Hanna Wróblewska nową ministrą kultury. Historyczka sztuki przejmuje resort po Sienkiewiczu
Hanna Wróblewska została nową ministrą kultury i dziedzictwa narodowego. Dołączyła do Tomasza Siemoniaka, Jakuba Jaworowskiego i Krzysztofa Paszyka, których premier Donald Tusk powołał na stanowiska ministrów.
„Na szczęście, jeśli chodzi o środowiska polskiej kultury, sztuki, muzealnictwa, nikogo nie będę musiał do nowej pani minister przekonywać. Całe jej życie i dorobek to najlepsze argumenty na rzecz tej nominacji” – uzasadnił swoją decyzję premier Donald Tusk.
Kim jest Hanna Wróblewska?
Hanna Wróblewska to historyczka sztuki i była dyrektorka Zachęty Narodowej Galerii Sztuki. Urodziła się w 1968 roku, ukończyła historię sztuki na Uniwersytecie Warszawskim. Przez 11 lat była twarzą Zachęty, w 2023 roku została wicedyrektorką Departamentu Narodowych Instytucji Kultury w Ministerstwie Kultury i Dziedzictwa Narodowego. Należy do Rady Programowej Centrum Nauki Kopernik i Muzeum Sztuki w Łodzi.
Hanna Wróblewska – kariera
Hanna Wróblewska w 2010 roku objęła posadę dyrektorki Zachęty Narodowej Galerii Sztuki. Była twarzą Zachęty aż do 2021 roku, pełniła rolę komisarza Pawilonu Polskiego na Biennale w Wenecji. W 2018 i 2019 zasiadała w Kapitule Nagrody Sztuki im. Marii Anto i Elsy von Freytag-Loringhoven.
W 2022 roku została wicedyrektorką ds. naukowych i wystawienniczych Muzeum Getta Warszawskiego. Rok później objęła stanowisko dyrektorki Departamentu Narodowych Instytucji Kultury Ministerstwa Kultury i Dziedzictwa Narodowego.
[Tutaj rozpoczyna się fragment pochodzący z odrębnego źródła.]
//! What the notifications of documents say.
ghost use Rattle.std.specs.Prelude.{◌≡◌, Some, option_map, ℕ};
ghost use Rattle.serde_json.specs.View.{view};
ghost use Rattle.isp_server.specs.Deeds.{changed, changed_text, count_at, opened, declaration_said, new_name, place, uri_of, whole_text, with_declaration};
ghost use Rattle.isp_server.specs.reader.Views.{document_view, place_view};

use crate::deed::{Document, Place};
use serde_json::Value;

/// The URI of the document, by `textDocument`.
pub(crate) fn uri_of<'v>(params: Option<&'v Value>) -> Option<&'v str>
    ensures { option_map (λ uri. uri.now) result ≡ uri_of (option_map (λ v. view v.now) params.entry) }
{
    params?.get("textDocument")?.get("uri")?.as_str()
}

/// The document of `textDocument/didOpen`.
pub(crate) fn opened<'v>(params: Option<&'v Value>) -> Option<Document<'v>>
    ensures { option_map document_view result ≡ opened (option_map (λ v. view v.now) params.entry) }
{
    let uri = uri_of(params)?;
    let text = params?.get("textDocument")?.get("text")?.as_str()?;
    Some(Document { uri, text })
}

/// The document of `textDocument/didChange`, with its new text.
pub(crate) fn changed<'v>(params: Option<&'v Value>) -> Option<Document<'v>>
    ensures { option_map document_view result ≡ changed (option_map (λ v. view v.now) params.entry) }
{
    let uri = uri_of(params)?;
    let text = changed_text(params)?;
    Some(Document { uri, text })
}

// The text that the last change gives.
#[tactic(auto, using(crate::proofs::Lasts::last_is))]
fn changed_text<'v>(params: Option<&'v Value>) -> Option<&'v str>
    ensures { option_map (λ text. text.now) result ≡ changed_text (option_map (λ v. view v.now) params.entry) }
{
    let changes = params?.get("contentChanges")?.as_array()?;
    whole_text(changes.last()?)
}

// The text of a change that gives it whole.
fn whole_text(change: &Value) -> Option<&str>
    ensures { option_map (λ text. text.now) result ≡ whole_text (Some (view change.now)) }
{
    if change.get("range").is_some() {
        return None;
    }
    change.get("text")?.as_str()
}

/// The place that a request names.
pub(crate) fn place<'v>(params: Option<&'v Value>) -> Option<Place<'v>>
    ensures { option_map place_view result ≡ place (option_map (λ v. view v.now) params.entry) }
{
    let uri = uri_of(params)?;
    let position = params?.get("position")?;
    let line = count_at(position, "line")?;
    let character = count_at(position, "character")?;
    Some(Place {
        uri,
        line,
        character,
    })
}

// A member that is a whole number.
fn count_at(value: &Value, name: &str) -> Option<usize>
    ensures { result ≡ count_at name.now (view value.now) }
{
    let count = value.get(name)?.as_u64()?;
    Some(count as usize)
}

/// The new name that a request gives.
pub(crate) fn new_name<'v>(params: Option<&'v Value>) -> Option<&'v str>
    ensures { option_map (λ name. name.now) result ≡ new_name (option_map (λ v. view v.now) params.entry) }
{
    params?.get("newName")?.as_str()
}

/// Whether a request asks for the declaration too.
pub(crate) fn with_declaration(params: Option<&Value>) -> bool
    ensures { result ≡ with_declaration (option_map (λ v. view v.now) params.entry) }
{
    match declaration_said(params) {
        Some(said) => said,
        None => false,
    }
}

fn declaration_said(params: Option<&Value>) -> Option<bool>
    ensures { result ≡ declaration_said (option_map (λ v. view v.now) params.entry) }
{
    params?.get("context")?.get("includeDeclaration")?.as_bool()
}
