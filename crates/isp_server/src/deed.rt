//! What a message asks the server to do.
use crate::question::Question;
use crate::refusal::Refusal;
use serde_json::Value;

/// A document by its URI, with its whole text.
#[derive(Clone, Copy)]
pub(crate) struct Document<'v> {
    pub uri: &'v str,
    pub text: &'v str,
}

/// A place of a document, by line and character.
#[derive(Clone, Copy)]
pub(crate) struct Place<'v> {
    pub uri: &'v str,
    pub line: usize,
    pub character: usize,
}

/// What the server has to do.
#[derive(Clone, Copy)]
pub(crate) enum Deed<'v> {
    /// The request of this id is refused; where it has none that can be told, the id is null.
    Refuse(Option<&'v Value>, Refusal),
    /// `initialize` of this id is answered.
    Introduce(&'v Value),
    /// `shutdown` of this id is answered.
    ShutDown(&'v Value),
    /// The request of this id, which asks something of a place, is answered.
    Tell(&'v Value, Question, Place<'v>),
    /// The request of this id, for what may be written at a place, is answered.
    Complete(&'v Value, Place<'v>),
    /// The request of this id, to give what stands at a place another name, is answered.
    Rename(&'v Value, Place<'v>, &'v str),
    /// The document has this text from now on.
    Hold(Document<'v>),
    /// The document of this URI is closed.
    Release(&'v str),
    /// The server ends.
    Leave,
    /// A notification is ignored.
    Ignore,
}
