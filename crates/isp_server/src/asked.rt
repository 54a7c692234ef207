//! Which deed a message asks for.
ghost use Rattle.std.specs.Prelude.{◌≡◌, option_map};
ghost use Rattle.serde_json.specs.View.{view};
ghost use Rattle.isp_server.specs.Connections.{connection_of, is_open};
ghost use Rattle.isp_server.specs.Deeds.{Asks, asked, completing, edit, held, held_open, introduced, is_id, notification, released_open, renaming, request, running, told};
ghost use Rattle.isp_server.specs.reader.Views.{deed_view, document_view, place_view};

use crate::deed::{Deed, Document, Place};
use crate::params::{changed, new_name, opened, place, uri_of, with_declaration};
use crate::phase::Phase;
use crate::question::Question;
use crate::refusal::Refusal;
use crate::server::Server;
use isp_rpc::{Call, read_call};
use serde_json::Value;

/// The deed that a message asks a server for.
pub(crate) fn deed_of<'v>(server: &Server, message: &'v Value) -> Deed<'v>
    ensures { Asks server.now.phase (is_open (connection_of server.now)) (view message.now) (deed_view result) }
{
    match read_call(message) {
        Some(call) => asked(server, &call),
        None => Deed::Refuse(None, Refusal::InvalidRequest),
    }
}

// The deed that a call asks for.
fn asked<'v>(server: &Server, call: &Call<'v>) -> Deed<'v>
    ensures { deed_view result ≡ asked server.now.phase (is_open (connection_of server.now)) (option_map (λ v. view v.now) call.now.id) call.now.method.now (option_map (λ v. view v.now) call.now.params) }
{
    match call.id {
        None => notification(server, call.method, call.params),
        Some(id) if is_id(id) => request(server.phase, id, call.method, call.params),
        Some(_) => Deed::Refuse(None, Refusal::InvalidRequest),
    }
}

#[tactic(auto, using(crate::proofs::Ids::id_tests))]
fn is_id(id: &Value) -> bool
    ensures { result ≡ is_id (view id.now) }
{
    id.is_number() || id.is_string() || id.is_null()
}

fn request<'v>(phase: Phase, id: &'v Value, method: &str, params: Option<&'v Value>) -> Deed<'v>
    ensures { deed_view result ≡ request phase (view id.now) method.now (option_map (λ v. view v.now) params.entry) }
{
    match phase {
        Phase::Fresh => match method {
            "initialize" => introduced(id, params),
            _ => Deed::Refuse(Some(id), Refusal::ServerNotInitialized),
        },
        Phase::Running => running(id, method, params),
        Phase::ShutDown => Deed::Refuse(Some(id), Refusal::InvalidRequest),
    }
}

fn running<'v>(id: &'v Value, method: &str, params: Option<&'v Value>) -> Deed<'v>
    ensures { deed_view result ≡ running (view id.now) method.now (option_map (λ v. view v.now) params.entry) }
{
    match method {
        "shutdown" => Deed::ShutDown(id),
        "initialize" => Deed::Refuse(Some(id), Refusal::InvalidRequest),
        "textDocument/hover" => told(id, Question::Hover, place(params)),
        "textDocument/definition" => told(id, Question::Definition, place(params)),
        "textDocument/references" => {
            let declared = with_declaration(params);
            told(id, Question::References { declared }, place(params))
        }
        "textDocument/completion" => completing(id, place(params)),
        "textDocument/rename" => renaming(id, place(params), new_name(params)),
        _ => Deed::Refuse(Some(id), Refusal::MethodNotFound),
    }
}

fn told<'v>(id: &'v Value, question: Question, place: Option<Place<'v>>) -> Deed<'v>
    ensures { deed_view result ≡ told (view id.now) question (option_map place_view place.entry) }
{
    match place {
        Some(place) => Deed::Tell(id, question, place),
        None => Deed::Refuse(Some(id), Refusal::InvalidParams),
    }
}

fn completing<'v>(id: &'v Value, place: Option<Place<'v>>) -> Deed<'v>
    ensures { deed_view result ≡ completing (view id.now) (option_map place_view place.entry) }
{
    match place {
        Some(place) => Deed::Complete(id, place),
        None => Deed::Refuse(Some(id), Refusal::InvalidParams),
    }
}

fn renaming<'v>(id: &'v Value, place: Option<Place<'v>>, name: Option<&'v str>) -> Deed<'v>
    ensures { deed_view result ≡ renaming (view id.now) (option_map place_view place.entry) (option_map (λ n. n.now) name.entry) }
{
    match (place, name) {
        (Some(place), Some(name)) => Deed::Rename(id, place, name),
        _ => Deed::Refuse(Some(id), Refusal::InvalidParams),
    }
}

fn introduced<'v>(id: &'v Value, params: Option<&'v Value>) -> Deed<'v>
    ensures { deed_view result ≡ introduced (view id.now) (option_map (λ v. view v.now) params.entry) }
{
    match params.and_then(Value::as_object) {
        Some(_) => Deed::Introduce(id),
        None => Deed::Refuse(Some(id), Refusal::InvalidParams),
    }
}

fn notification<'v>(server: &Server, method: &str, params: Option<&'v Value>) -> Deed<'v>
    ensures { deed_view result ≡ notification server.now.phase (is_open (connection_of server.now)) method.now (option_map (λ v. view v.now) params.entry) }
{
    if method == "exit" {
        return Deed::Leave;
    }
    match server.phase {
        Phase::Running => edit(server, method, params),
        Phase::Fresh | Phase::ShutDown => Deed::Ignore,
    }
}

fn edit<'v>(server: &Server, method: &str, params: Option<&'v Value>) -> Deed<'v>
    ensures { deed_view result ≡ edit (is_open (connection_of server.now)) method.now (option_map (λ v. view v.now) params.entry) }
{
    match method {
        "textDocument/didOpen" => held(opened(params)),
        "textDocument/didChange" => held_open(server, changed(params)),
        "textDocument/didClose" => released_open(server, uri_of(params)),
        _ => Deed::Ignore,
    }
}

fn held(document: Option<Document<'_>>) -> Deed<'_>
    ensures { deed_view result ≡ held (option_map document_view document.entry) }
{
    match document {
        Some(document) => Deed::Hold(document),
        None => Deed::Ignore,
    }
}

fn held_open<'v>(server: &Server, document: Option<Document<'v>>) -> Deed<'v>
    ensures { deed_view result ≡ held_open (is_open (connection_of server.now)) (option_map document_view document.entry) }
{
    match document {
        Some(document) if server.is_open(document.uri) => Deed::Hold(document),
        _ => Deed::Ignore,
    }
}

fn released_open<'v>(server: &Server, uri: Option<&'v str>) -> Deed<'v>
    ensures { deed_view result ≡ released_open (is_open (connection_of server.now)) (option_map (λ u. u.now) uri.entry) }
{
    match uri {
        Some(uri) if server.is_open(uri) => Deed::Release(uri),
        _ => Deed::Ignore,
    }
}
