//! The bytes of a message.
ghost use Rattle.std.specs.Prelude.{◌≡◌, ◌++◌, IfOk, codes, decimal, length, string_bytes};
ghost use Rattle.serde_json.specs.View.{view};
ghost use Rattle.isp_server.specs.Sent.{Frames};

use serde_json::Value;
use std::alloc::{AllocError, Global};

/// The header and the content of a message, as they go out.
pub fn framed(alloc: Global, message: &Value) -> Result<String, AllocError>
    ensures { IfOk result (λ bytes. Frames (view message.now) (string_bytes bytes)) }
{
    let content = message.to_string(alloc)?;
    with_header(alloc, content.as_str())
}

// A content after its header.
fn with_header(alloc: Global, content: &str) -> Result<String, AllocError>
    ensures { IfOk result (λ bytes. string_bytes bytes
        ≡ codes "Content-Length: " ++ decimal (length content.now) ++ codes "\r\n\r\n" ++ content.now) }
{
    let mut bytes = length_field(alloc, content.len())?;
    bytes.push_str("\r\n\r\n")?;
    bytes.push_str(content)?;
    Ok(bytes)
}

fn length_field(alloc: Global, length: usize) -> Result<String, AllocError>
    ensures { IfOk result (λ bytes. string_bytes bytes ≡ codes "Content-Length: " ++ decimal length) }
{
    format!(in alloc; "Content-Length: {length}")
}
10 maja premier Donald Tusk powołał ją na stanowisko ministry kultury i dziedzictwa narodowego. Hanna Wróblewska zastąpiła Bartłomieja Sienkiewicza, który startuje w wyborach do Parlamentu Europejskiego z pierwszego miejsca w okręgu nr 10, obejmującego województwo świętokrzyskie i małopolskie.
Bartłomiej Sienkiewicz odpowiadał za zmiany w TVP, Polskim Radiu i Polskiej Agencji Prasowej. 20 grudnia minister kultury odwołał prezesów Telewizji Polskiej, Polskiego Radia i Polskiej Agencji Prasowej, powołał również nowe rady nadzorcze, które wyłoniły zarządy spółek. Decyzje te wzbudziły wiele kontrowersji w kraju i spotkały się z ostrym sprzeciwem środowisk prawicowych.